▸ About this exercise
Tally the lines in the records underneath that contain the string "crates", and state the figure by itself.

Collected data

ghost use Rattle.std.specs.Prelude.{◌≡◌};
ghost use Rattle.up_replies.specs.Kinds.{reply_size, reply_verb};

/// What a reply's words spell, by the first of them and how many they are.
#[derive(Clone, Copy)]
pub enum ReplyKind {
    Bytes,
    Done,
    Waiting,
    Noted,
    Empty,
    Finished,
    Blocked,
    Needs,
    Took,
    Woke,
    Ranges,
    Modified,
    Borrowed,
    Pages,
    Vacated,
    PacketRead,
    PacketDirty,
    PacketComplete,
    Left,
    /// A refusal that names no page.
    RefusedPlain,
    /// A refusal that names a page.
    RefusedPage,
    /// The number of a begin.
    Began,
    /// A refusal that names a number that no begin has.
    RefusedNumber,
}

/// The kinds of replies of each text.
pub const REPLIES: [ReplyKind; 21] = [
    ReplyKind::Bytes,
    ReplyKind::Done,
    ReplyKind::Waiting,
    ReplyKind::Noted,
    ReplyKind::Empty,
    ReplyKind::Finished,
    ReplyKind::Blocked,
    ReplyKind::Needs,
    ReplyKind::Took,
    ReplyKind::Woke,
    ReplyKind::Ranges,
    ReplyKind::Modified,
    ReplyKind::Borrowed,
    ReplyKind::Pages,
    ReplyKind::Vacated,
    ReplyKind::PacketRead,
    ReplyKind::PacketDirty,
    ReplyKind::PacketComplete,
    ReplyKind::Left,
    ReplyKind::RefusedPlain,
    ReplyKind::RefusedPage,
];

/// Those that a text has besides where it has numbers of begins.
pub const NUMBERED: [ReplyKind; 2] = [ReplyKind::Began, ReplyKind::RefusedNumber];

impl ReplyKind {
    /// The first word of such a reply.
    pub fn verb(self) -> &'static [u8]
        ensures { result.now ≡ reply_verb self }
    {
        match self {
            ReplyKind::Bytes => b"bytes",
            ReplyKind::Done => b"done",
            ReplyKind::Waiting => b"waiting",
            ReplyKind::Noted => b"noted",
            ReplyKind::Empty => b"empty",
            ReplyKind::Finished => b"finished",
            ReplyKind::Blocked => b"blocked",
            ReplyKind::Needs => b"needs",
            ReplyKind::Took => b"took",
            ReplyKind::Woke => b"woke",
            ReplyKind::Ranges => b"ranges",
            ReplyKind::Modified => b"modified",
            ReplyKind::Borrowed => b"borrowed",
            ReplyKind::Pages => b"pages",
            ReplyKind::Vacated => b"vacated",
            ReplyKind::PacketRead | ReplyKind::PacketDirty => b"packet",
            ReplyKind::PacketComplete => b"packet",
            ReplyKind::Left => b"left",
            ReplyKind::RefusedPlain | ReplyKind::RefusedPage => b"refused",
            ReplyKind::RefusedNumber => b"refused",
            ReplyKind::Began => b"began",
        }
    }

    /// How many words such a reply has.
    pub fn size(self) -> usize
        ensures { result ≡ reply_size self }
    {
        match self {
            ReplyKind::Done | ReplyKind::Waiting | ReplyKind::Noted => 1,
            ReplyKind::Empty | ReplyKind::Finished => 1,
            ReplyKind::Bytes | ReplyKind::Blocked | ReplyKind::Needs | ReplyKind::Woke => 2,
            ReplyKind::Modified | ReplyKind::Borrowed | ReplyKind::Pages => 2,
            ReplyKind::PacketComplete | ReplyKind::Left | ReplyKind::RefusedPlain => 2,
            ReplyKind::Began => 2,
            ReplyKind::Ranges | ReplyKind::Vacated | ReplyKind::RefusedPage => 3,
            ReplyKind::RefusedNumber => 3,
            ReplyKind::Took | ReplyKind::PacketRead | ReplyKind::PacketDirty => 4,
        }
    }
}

...

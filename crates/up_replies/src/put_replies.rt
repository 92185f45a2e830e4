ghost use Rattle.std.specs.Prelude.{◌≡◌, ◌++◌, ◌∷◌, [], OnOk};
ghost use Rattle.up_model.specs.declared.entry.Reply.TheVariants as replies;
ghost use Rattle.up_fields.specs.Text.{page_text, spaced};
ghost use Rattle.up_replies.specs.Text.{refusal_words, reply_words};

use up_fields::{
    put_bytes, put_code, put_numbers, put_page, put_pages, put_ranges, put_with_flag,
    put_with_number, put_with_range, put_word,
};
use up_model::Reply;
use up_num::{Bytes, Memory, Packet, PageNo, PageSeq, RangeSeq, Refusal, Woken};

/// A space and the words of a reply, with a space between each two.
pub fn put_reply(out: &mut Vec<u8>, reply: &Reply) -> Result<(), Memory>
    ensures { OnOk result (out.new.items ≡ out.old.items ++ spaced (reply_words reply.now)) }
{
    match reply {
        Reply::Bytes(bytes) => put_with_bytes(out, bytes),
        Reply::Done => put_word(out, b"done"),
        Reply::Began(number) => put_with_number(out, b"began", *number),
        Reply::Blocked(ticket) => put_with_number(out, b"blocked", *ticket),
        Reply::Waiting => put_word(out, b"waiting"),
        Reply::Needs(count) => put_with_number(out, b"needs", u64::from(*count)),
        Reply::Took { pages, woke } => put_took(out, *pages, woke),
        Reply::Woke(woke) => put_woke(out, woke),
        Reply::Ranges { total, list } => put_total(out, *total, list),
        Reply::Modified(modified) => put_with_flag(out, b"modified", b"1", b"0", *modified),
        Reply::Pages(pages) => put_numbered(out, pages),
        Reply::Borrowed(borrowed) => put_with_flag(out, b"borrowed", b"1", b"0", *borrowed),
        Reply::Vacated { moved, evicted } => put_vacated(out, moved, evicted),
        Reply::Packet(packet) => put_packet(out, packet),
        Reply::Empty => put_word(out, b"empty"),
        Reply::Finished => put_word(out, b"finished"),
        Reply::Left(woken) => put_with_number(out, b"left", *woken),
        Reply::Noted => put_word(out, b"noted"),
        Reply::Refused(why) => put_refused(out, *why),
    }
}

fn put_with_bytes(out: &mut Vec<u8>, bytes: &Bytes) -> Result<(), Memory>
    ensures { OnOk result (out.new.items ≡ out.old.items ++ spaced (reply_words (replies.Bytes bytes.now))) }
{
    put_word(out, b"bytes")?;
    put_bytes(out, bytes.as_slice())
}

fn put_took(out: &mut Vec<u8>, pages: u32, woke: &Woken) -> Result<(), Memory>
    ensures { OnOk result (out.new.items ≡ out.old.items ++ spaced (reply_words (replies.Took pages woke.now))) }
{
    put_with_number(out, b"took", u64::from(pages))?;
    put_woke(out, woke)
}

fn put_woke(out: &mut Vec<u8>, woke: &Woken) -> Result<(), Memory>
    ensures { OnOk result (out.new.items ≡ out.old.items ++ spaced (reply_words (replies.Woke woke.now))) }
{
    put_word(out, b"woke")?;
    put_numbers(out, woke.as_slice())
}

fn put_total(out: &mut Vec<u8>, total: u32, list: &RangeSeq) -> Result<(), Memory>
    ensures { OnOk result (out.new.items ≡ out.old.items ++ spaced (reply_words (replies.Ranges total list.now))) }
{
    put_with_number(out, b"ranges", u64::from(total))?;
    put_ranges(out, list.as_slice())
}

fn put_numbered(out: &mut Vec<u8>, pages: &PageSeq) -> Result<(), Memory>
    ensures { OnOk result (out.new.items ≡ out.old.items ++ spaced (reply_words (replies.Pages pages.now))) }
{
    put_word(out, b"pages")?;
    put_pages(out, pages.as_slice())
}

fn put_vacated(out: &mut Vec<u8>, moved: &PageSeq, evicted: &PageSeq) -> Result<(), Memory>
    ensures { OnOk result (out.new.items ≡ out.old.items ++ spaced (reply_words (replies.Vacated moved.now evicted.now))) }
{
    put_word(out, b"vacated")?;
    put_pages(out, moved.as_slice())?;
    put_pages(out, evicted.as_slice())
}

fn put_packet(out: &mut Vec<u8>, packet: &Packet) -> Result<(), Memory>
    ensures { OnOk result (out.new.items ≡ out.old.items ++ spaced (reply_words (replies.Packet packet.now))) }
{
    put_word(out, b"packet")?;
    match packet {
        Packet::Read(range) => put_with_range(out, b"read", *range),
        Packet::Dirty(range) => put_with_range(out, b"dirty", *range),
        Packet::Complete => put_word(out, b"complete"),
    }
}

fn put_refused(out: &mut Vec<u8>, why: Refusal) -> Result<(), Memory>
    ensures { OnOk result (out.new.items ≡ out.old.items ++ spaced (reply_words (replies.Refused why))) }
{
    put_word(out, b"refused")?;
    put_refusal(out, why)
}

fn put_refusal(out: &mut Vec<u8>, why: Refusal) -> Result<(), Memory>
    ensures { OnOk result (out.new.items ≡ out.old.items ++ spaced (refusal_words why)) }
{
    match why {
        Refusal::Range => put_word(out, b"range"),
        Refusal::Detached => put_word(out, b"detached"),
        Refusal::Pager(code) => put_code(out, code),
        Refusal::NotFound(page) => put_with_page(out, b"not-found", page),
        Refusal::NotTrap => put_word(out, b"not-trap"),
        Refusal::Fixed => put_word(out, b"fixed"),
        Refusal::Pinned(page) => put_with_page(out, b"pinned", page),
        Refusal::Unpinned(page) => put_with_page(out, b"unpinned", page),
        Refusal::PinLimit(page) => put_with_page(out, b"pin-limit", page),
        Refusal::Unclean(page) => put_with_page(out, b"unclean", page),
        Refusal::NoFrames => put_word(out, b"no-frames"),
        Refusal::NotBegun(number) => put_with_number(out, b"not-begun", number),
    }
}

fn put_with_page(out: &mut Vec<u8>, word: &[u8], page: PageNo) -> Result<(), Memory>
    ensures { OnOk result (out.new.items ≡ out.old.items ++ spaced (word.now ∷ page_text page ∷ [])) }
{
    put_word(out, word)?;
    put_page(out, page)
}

...

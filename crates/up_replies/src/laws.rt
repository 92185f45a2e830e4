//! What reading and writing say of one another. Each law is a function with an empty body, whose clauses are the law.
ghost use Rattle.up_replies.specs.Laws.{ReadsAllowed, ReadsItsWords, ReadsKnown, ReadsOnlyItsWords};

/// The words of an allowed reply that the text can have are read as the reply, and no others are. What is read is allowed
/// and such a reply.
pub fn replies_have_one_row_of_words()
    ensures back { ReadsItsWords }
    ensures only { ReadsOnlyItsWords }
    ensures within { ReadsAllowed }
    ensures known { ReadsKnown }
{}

▸ Answer for this exercise
2